AboitizPower donates medicines for displaced Naga residents

Flordeliza Lapitan tried to keep her composure as she shared about her nine-year-old son Jack’s stomach pains with the resident health worker at the Enan Chiong Activity Center (ECAC) on the morning of October 12.

Her voice was calm while answering the nurse’s questions like how long has Jack been feeling that way or what could he have eaten in the past few days that might have caused it. Underneath the consultation table, however, she was fidgeting with her hands and her red, puffy eyes revealed she hasn’t had decent sleep in recent nights.

Bag-o ra man to naayo akong anak sa hilanat duha ka-adlaw na ang nilabay unya karon nireklamo man siya nga sakit iyang tiyan. Nagsugod na sad siya og ubo ug sip-on. Bisan kinsa man tingali nga ginikanan makakita sa iyang anak magluya kay mabalaka sad,” she shared.

(My son was just getting better from fever two days ago and now he’s complaining about a stomachache. He’s also started showing signs of cough and colds. Any parent whose child is going through all this in a place that isn’t home would be worried sick.)

Jack caught a fever about two weeks after their family moved to ECAC in the City of Naga, Cebu, where more than 350 other families or close to 1,500 individuals were evacuated after a massive landslide struck Sitio Sindulan in Barangay Tinaan last Sept. 20.

Evacuees at the ECAC, as well as thousands of others across various evacuation centers spread across the city and the neighboring town of San Fernando, have learned to disregard personal space.

The evacuation center’s bleachers explode with bright hues of red, yellow, blue, and green as if banderitas were haphazardly strewn across the place, but these only turn out to be belongings of the hundreds of families staying there.

While some have folding beds, most of the evacuees sleep on mats on the floor, with no partitions separating one family from another.

“We’re doing fine here because our basic needs are provided, but it just isn’t home. Since we can’t go back yet, we’ll just have to endure this as a family,” Flordeliza said.

Dr. Porferia Daclan, ECAC camp manager, said that the most common health problems they have encountered in evacuation centers over the last three weeks are colds, cough, fever, as well as occasional cases of diarrhea.

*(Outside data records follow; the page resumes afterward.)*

//! What comes to a disk: a store opens it, a server boots over it, and takes in what comes.

use crate::noting_disk::NotingDisk;
use crate::page::{bytes_of, copy_of, field, hex, hex_of, number_of, say, tell_words};
use nq_base::{Host, Journal, Party, Ticks};
use nq_disk::{Disk, FileDisk, MemDisk, Room};
use nq_keeper::Keeper;
use nq_server::{Received, Server};
use nq_store::{OpenFault, Store};
use nq_wire::Outbox;
use std::alloc::Global;
use std::fs;

/// The longest term that a server grants.
const LONGEST: u32 = 60;

/// The file that is a disk.
const PATH: &str = "stopped.img";

/// How much a disk takes: the image of a file of 1,024 blocks, and more.
const ROOM: Room = Room {
    size: 6_000_000,
    calls: 10_000,
    written: 16_000_000,
};

/// What comes to a disk: first a server that boots over it, and then what comes to the server.
#[derive(Drop)]
pub(crate) enum Event {
    Boot,
    Datagram(u32, Vec<u8>),
    Tick(u32),
    Crash(u32),
}

/// What comes to a server by a line: a tick or a crash with its time, or a datagram from a host.
pub(crate) fn event_of(alloc: Global, verb: &str, rest: &str) -> Event {
    match verb {
        "tick" => Event::Tick(number_of(rest)),
        "crash" => Event::Crash(number_of(rest)),
        host => Event::Datagram(hex_of(host), bytes_of(alloc, rest)),
    }
}

/// A disk in memory of these bytes, behind what comes to it. The answer to the last event is told, or where the first wrong field is.
pub(crate) fn in_memory(
    alloc: Global,
    bytes: &[u8],
    events: &[Event],
    answer: &mut Vec<u8>,
) -> Option<NotingDisk> {
    let bytes = copy_of(alloc, bytes);
    if bytes.len() > 4_000_000 {
        return None;
    }
    let disk = MemDisk::new(alloc, bytes, ROOM, Vec::new(alloc), None).ok()?;
    run(alloc, NotingDisk::new(alloc, disk), events, answer)
}

/// What a file of these bytes has behind what comes to it, once it is closed.
pub(crate) fn in_file(rt: &HostRuntime, bytes: &[u8], events: &[Event]) -> Vec<u8> {
    let alloc = rt.alloc();
    fs::write(rt, PATH, bytes).ok();
    if let Ok(files) = rt.clone()
        && let Ok(disk) = FileDisk::new(alloc, files, PATH)
    {
        drop(run(alloc, disk, events, &mut Vec::new(alloc)));
    }
    let left = fs::read(rt, PATH).unwrap_or(Vec::new(alloc));
    fs::remove_file(rt, PATH).ok();
    left
}

/// The disk behind what comes to it.
fn run<D: Disk + Drop>(
    alloc: Global,
    disk: D,
    events: &[Event],
    answer: &mut Vec<u8>,
) -> Option<D> {
    match Store::open(alloc, disk) {
        Ok(store) if events.is_empty() => Some(store.into_disk()),
        Ok(store) => match Server::boot(alloc, store, LONGEST, Ticks(0)) {
            Ok(server) => Some(served(alloc, server, events, answer).into_disk()),
            Err(_) => None,
        },
        Err(fault) => {
            tell_place(fault, answer);
            None
        }
    }
}

/// Tells where the first wrong field is.
fn tell_place<D: Drop>(fault: OpenFault<D>, answer: &mut Vec<u8>) {
    let place = match fault {
        OpenFault::NotAnImage(_) => 0,
        OpenFault::BadField(_, place) => place,
        _ => u64::MAX,
    };
    field(answer, "image byte", place);
}

/// What a server keeps behind events. The answer to the last one is told.
fn served<K: Keeper>(
    alloc: Global,
    server: Server<K>,
    events: &[Event],
    answer: &mut Vec<u8>,
) -> K {
    let mut server = server;
    let mut out = Outbox::new(alloc, 0).unwrap();
    let mut log = Journal::new(alloc).unwrap();
    let mut received = Received::Done;
    for event in events {
        out.cut(0);
        received = take_in(alloc, &mut server, event, &mut out, &mut log);
    }
    tell(received, &out, answer);
    server.into_keeper()
}

/// Takes in an event. A time that goes back is not taken in.
fn take_in<K: Keeper>(
    alloc: Global,
    server: &mut Server<K>,
    event: &Event,
    out: &mut Outbox,
    log: &mut Journal,
) -> Received {
    let time = server.time();
    match event {
        Event::Boot => Received::Done,
        Event::Datagram(host, bytes) => server.receive(alloc, Host(*host), bytes, out, log),
        Event::Tick(now) if time.0 <= u64::from(*now) => {
            server.tick(Ticks(u64::from(*now)), out, log)
        }
        Event::Crash(now) if time.0 <= u64::from(*now) => {
            server.reboot(alloc, LONGEST, Ticks(u64::from(*now)), log)
        }
        _ => Received::Spent,
    }
}

/// Tells each datagram that was sent, or how an event was taken in.
fn tell(received: Received, out: &Outbox, answer: &mut Vec<u8>) {
    if out.len() == 0 || received != Received::Done {
        say(answer, word_of(received));
    }
    for place in 0..out.len() {
        if let Some((to, bytes)) = out.get(place) {
            say(answer, if place > 0 { " | " } else { "" });
            hex(answer, host_of(to));
            tell_words(answer, bytes);
        }
    }
}

/// The number of a host, and one that no host has for the server.
fn host_of(party: Party) -> u32 {
    match party {
        Party::Client(host) => host.0,
        Party::Server => u32::MAX,
    }
}

/// The word for how an event was taken in.
fn word_of(received: Received) -> &'static str {
    match received {
        Received::Done => "done",
        Received::Dropped(_) => "dropped",
        _ => "wanting",
    }
}
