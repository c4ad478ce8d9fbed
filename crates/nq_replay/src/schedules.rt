//! Running a schedule.

ghost use Rattle.std.specs.Prelude.{◌≡◌, ℕ, List, [], Some, All, map};
ghost use Rattle.nq_base.specs.Plain.{plain};
ghost use Rattle.nq_base.specs.declared.Entry.{Entry};
ghost use Rattle.nq_base.specs.declared.Event.{Event};
ghost use Rattle.nq_base.specs.declared.ending.ending.Ending.{Ending};
ghost use Rattle.nq_journal.specs.Text.{Has, IsVersion};
ghost use Rattle.nq_keeper.specs.StoredKeeper.{empty_kept};
ghost use Rattle.nq_replay.specs.AsidesGoing.{Comes};
ghost use Rattle.nq_replay.specs.AsidesPlaying.{Ended as EndedPlay};
ghost use Rattle.nq_replay.specs.Going.{said};
ghost use Rattle.nq_replay.specs.Playing.{beginning, play};
ghost use Rattle.nq_replay.specs.declared.play.played.Played.{Played};
ghost use Rattle.nq_replay.specs.Ending.{CountsKeeper, CountsSink};
ghost use Rattle.nq_replay.specs.Schedules.{EndsOver, IsReady, IsReason, KeepsPlayed, PrintsEntries, TellsStop, TellsWhy, bound_of};
ghost use Rattle.nq_replay.specs.declared.printing.Bound.{Bound};
ghost use Rattle.nq_script.specs.declared.heads.Head.{Head};
ghost use Rattle.nq_world.specs.Playing.{CountsFaults, HasSettings, Plays};
ghost use Rattle.nq_world.specs.declared.stepped.Stepped.{Stepped};

use crate::play::{Played, play};
use crate::printing::{Bound, limit_text, script_text, skew_text};
use nq_base::ending::{Ended, Ending};
use nq_base::{Journal, SkewBroken};
use nq_io::{Sink, put_line};
use nq_journal::{Printed, print};
use nq_keeper::Keeper;
use nq_script::Script;
use nq_world::{Limit, MOST_EVENTS, NewFault, Stepped, World, begin};
use std::alloc::Global;

/// Plays a schedule that was read over a keeper that keeps nothing yet, and prints the journal of its run in the version of the
/// schedule. The keeper keeps at the end what the run keeps. How it ends:
///
/// - `Done`: the journal of the run was printed, which is within skew and keeps to the bounds, since the run itself tests that.
/// - `Script`: a line delivers a packet that was not sent; prints `script line N`, with lines counted from 1.
/// - `Skew`: a tick of the server's clock breaks the rule on skew (Macklem 1994); prints `skew line N host H server S client C` with
///   the lowest such host, and how often both clocks ticked in the shortest part of the schedule that breaks the rule.
/// - `WriteFault`: the sink failed, which it has counted; a front of the journal is printed.
/// - `KeepFault`: the keeper failed, which it has counted; prints nothing.
/// - `Memory`: memory was wanting; a front of the journal may be printed.
/// - `Limit`: the schedule has more than 100,000 events, or an event comes after more than 999,936 packets; prints `limit line N
///   events` or `packets` with the line of the event.
pub fn replay<P: Keeper, K: Sink>(
    alloc: Global,
    keeper: P,
    script: &Script,
    out: &mut K,
) -> Ended<Ending, P>
    requires ready { IsReady script.now }
    requires empty { P.content keeper ≡ Some empty_kept }
    ensures ends { EndsOver result.end script.now.head (play script.now.head script.now.lines) (K.held out.old) (K.held out.new)
        (K.faults out.old) (K.faults out.new) }
    ensures keeps { result.end ≡ Ending.Done → KeepsPlayed script.now.head (play script.now.head script.now.lines) (P.content result.left) }
    ensures counts { CountsKeeper result.end (P.faults keeper) (P.faults result.left) }
    ensures sink { CountsSink result.end (K.faults out.old) (K.faults out.new) }
    ensures follows { P.follows keeper result.left }
{
    match begin(alloc, &script.head, keeper) {
        Ok(world) => replay_over(alloc, world, script, out),
        Err(NewFault::Failed(keeper)) => Ended {
            end: Ending::KeepFault,
            left: keeper,
        },
        Err(NewFault::Memory(keeper)) => Ended {
            end: Ending::Memory,
            left: keeper,
        },
    }
}

/// Plays a schedule over a world in which nothing was played before, and prints its journal or the line at which it stopped.
fn replay_over<P: Keeper, K: Sink>(
    alloc: Global,
    world: World<P>,
    script: &Script,
    out: &mut K,
) -> Ended<Ending, P>
    requires ready { IsReady script.now }
    requires settings { HasSettings script.now.head.hosts script.now.head.longest script.now.head.term world }
    requires plays { Plays (beginning script.now.head) [] world (P.content world.server.keeper) }
    ensures ends { EndsOver result.end script.now.head (play script.now.head script.now.lines) (K.held out.old) (K.held out.new)
        (K.faults out.old) (K.faults out.new) }
    ensures keeps { result.end ≡ Ending.Done → KeepsPlayed script.now.head (play script.now.head script.now.lines) (P.content result.left) }
    ensures counts { CountsKeeper result.end (P.faults world.server.keeper) (P.faults result.left) }
    ensures sink { CountsSink result.end (K.faults out.old) (K.faults out.new) }
    ensures follows { P.follows world.server.keeper result.left }
{
    let mut world = world;
    let played = play_over(alloc, &mut world, script);
    let end = tell(alloc, &world, script.head.version, played, out);
    Ended {
        end,
        left: world.into_keeper(),
    }
}

/// Plays a schedule over a world in which nothing was played before. A flow may have one delivery more than there may be events.
fn play_over<L: Keeper>(alloc: Global, world: &mut World<L>, script: &Script) -> Played
    requires ready { IsReady script.now }
    requires settings { HasSettings script.now.head.hosts script.now.head.longest script.now.head.term world.old }
    ensures comes { Plays (beginning script.now.head) [] world.old (L.content world.old.server.keeper)
        → Comes result (play script.now.head script.now.lines) (λ events. Plays (beginning script.now.head) events world.new
        (L.content world.new.server.keeper)) }
    ensures stops { said result ≡ Stepped.Done → result ≡ Played.All }
    ensures counts { CountsFaults (said result) (L.faults world.old.server.keeper) (L.faults world.new.server.keeper) }
    ensures follows { L.follows world.old.server.keeper world.new.server.keeper }
{
    let asides = Vec::new(alloc);
    play(alloc, world, MOST_EVENTS + 1, script, &asides)
}

/// Prints the journal of a world whose schedule was played to its end, or tells where it stopped.
fn tell<L: Keeper, K: Sink>(
    alloc: Global,
    world: &World<L>,
    version: u32,
    played: Played,
    out: &mut K,
) -> Ending
    requires version { IsVersion version }
    requires has { played ≡ Played.All → All (Has version) world.now.entries }
    requires stops { said played ≡ Stepped.Done → played ≡ Played.All }
    ensures ends { (head : Head) (due : EndedPlay (List Event)) → head.version ≡ version → Comes played due (λ events. Plays (beginning head) events world.now
        (L.content world.now.server.keeper))
        → EndsOver result head due (K.held out.old) (K.held out.new) (K.faults out.old) (K.faults out.new) }
    ensures keeps { result ≡ Ending.Done → (head : Head) (due : EndedPlay (List Event)) → Comes played due (λ events. Plays (beginning head) events world.now
        (L.content world.now.server.keeper))
        → KeepsPlayed head due (L.content world.now.server.keeper) }
    ensures counts { (before count : ℕ) → CountsFaults (said played) before count → CountsKeeper result before count }
    ensures sink { CountsSink result (K.faults out.old) (K.faults out.new) }
{
    match played {
        Played::All => print_entries(alloc, world.journal(), version, out),
        Played::Stopped { line, answer } => tell_why(alloc, line, answer, out),
    }
}

/// Tells at which line a schedule stopped, and why; nothing where the keeper failed.
fn tell_why<K: Sink>(alloc: Global, line: u32, answer: Stepped, out: &mut K) -> Ending
    requires { answer ≡ Stepped.Done → ⊥ }
    ensures tells { TellsWhy result line answer (K.held out.old) (K.held out.new) (K.faults out.old) (K.faults out.new) }
    ensures sink { CountsSink result (K.faults out.old) (K.faults out.new) }
{
    match answer {
        Stepped::Fault => Ending::KeepFault,
        Stepped::Done => unreachable!(),
        other => tell_stop(alloc, line, other, out),
    }
}

/// Prints a journal in a version that has all its entries.
fn print_entries<K: Sink>(alloc: Global, journal: &Journal, version: u32, out: &mut K) -> Ending
    requires version { IsVersion version }
    requires has { All (Has version) journal.now.entries }
    ensures prints { (entries : List Entry) → map plain journal.now.entries ≡ entries
        → PrintsEntries result version entries (K.held out.old) (K.held out.new) (K.faults out.old) (K.faults out.new) }
    ensures sink { CountsSink result (K.faults out.old) (K.faults out.new) }
{
    match print(alloc, journal, version, out) {
        Printed::All => Ending::Done,
        Printed::Failed => Ending::WriteFault,
        Printed::Memory => Ending::Memory,
    }
}

/// Tells at which line a schedule stopped, and why.
pub fn tell_stop<K: Sink>(alloc: Global, line: u32, answer: Stepped, out: &mut K) -> Ending
    requires { IsReason answer }
    ensures tells { TellsStop result line answer (K.held out.old) (K.held out.new) (K.faults out.old) (K.faults out.new) }
    ensures sink { CountsSink result (K.faults out.old) (K.faults out.new) }
{
    match answer {
        Stepped::NoPacket => tell_script(alloc, line, out),
        Stepped::SkewBroken(broken) => tell_skew(alloc, line, broken, out),
        Stepped::Limit(limit) => tell_limit(alloc, line, limit, out),
        Stepped::Memory => Ending::Memory,
        Stepped::Done | Stepped::Fault => unreachable!(),
    }
}

/// Tells a faulty line.
pub fn tell_script<K: Sink>(alloc: Global, line: u32, out: &mut K) -> Ending
    ensures tells { TellsStop result line Stepped.NoPacket (K.held out.old) (K.held out.new) (K.faults out.old) (K.faults out.new) }
    ensures sink { CountsSink result (K.faults out.old) (K.faults out.new) }
{
    match script_text(alloc, line as usize) {
        Ok(text) => {
            put_line(out, text.as_bytes());
            Ending::Script
        }
        Err(_) => Ending::Memory,
    }
}

/// Tells which tick breaks the rule on skew.
fn tell_skew<K: Sink>(alloc: Global, line: u32, broken: SkewBroken, out: &mut K) -> Ending
    ensures tells { TellsStop result line (Stepped.SkewBroken broken) (K.held out.old) (K.held out.new) (K.faults out.old) (K.faults out.new) }
    ensures sink { CountsSink result (K.faults out.old) (K.faults out.new) }
{
    match skew_text(alloc, line, broken) {
        Ok(text) => {
            put_line(out, text.as_bytes());
            Ending::Skew
        }
        Err(_) => Ending::Memory,
    }
}

/// Tells where there are too many events or packets.
pub fn tell_limit<K: Sink>(alloc: Global, line: u32, limit: Limit, out: &mut K) -> Ending
    ensures tells { TellsStop result line (Stepped.Limit limit) (K.held out.old) (K.held out.new) (K.faults out.old) (K.faults out.new) }
    ensures sink { CountsSink result (K.faults out.old) (K.faults out.new) }
{
    match limit_text(alloc, line as usize, bound_of(limit)) {
        Ok(text) => {
            put_line(out, text.as_bytes());
            Ending::Limit
        }
        Err(_) => Ending::Memory,
    }
}

/// What there is too much of where a world answers so.
fn bound_of(limit: Limit) -> Bound
    ensures { result ≡ bound_of limit }
{
    match limit {
        Limit::Events => Bound::Events,
        Limit::Packets => Bound::Packets,
    }
}
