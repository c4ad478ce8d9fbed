//! Reading and playing schedules: what is read, played and printed, and how it ends.
#![tactic(auto)]

pub mod asides;
mod parts;
pub mod play;
mod printing;
mod reading;
mod schedules;
mod texts;
pub mod version_one;

pub use nq_base::NoMemory;
pub use parts::print_parts;
pub use printing::{Bound, script_text, tell_over};
pub use reading::read_script;
pub use schedules::{replay, tell_limit, tell_script, tell_stop};
pub use texts::schedule_text;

“This is most likely because of the congestion and the humidity. While everything is still manageable, we could use all the help we can get,” she said.

In an effort to assist the City Government of Naga and help alleviate the living conditions of evacuees, AboitizPower subsidiary Therma Power Visayas Inc. (TPVI) donated medicines worth P464,300 last October 12.

Dr. Daclan and lawyer Annavie Bacomo-Lapitan, Naga City Mayor Kristine Vanessa Chiong’s chief of staff, personally received the items in a turnover ceremony at the Naga City Health Office.

“On behalf of the City Government of Naga, I would like to thank Therma Power Visayas Inc. for donating the medicines we need as of now, considering the recent landslide in Sindulan. May we continue our partnership in bringing Naga back to what it has always been,” Bacomo-Lapitan said.

This donation came after the AboitizPower Oil Business Unit, Visayan Electric Company, and the Aboitiz Foundation provided relief assistance to over 700 families in Naga last September 22. Each family received a relief pack with food, toiletries, five kilos of rice, and four liters of water.

TPVI acquired the 153.1-megawatt Naga Power Plant Complex in Brgy. Colon earlier this year. The AboitizPower subsidiary is part of the AP Oil Business Unit, which also comprises Cebu Private Power Corp., East Asia Utilities Corp., Therma Marine Inc., and Therma Mobile Inc.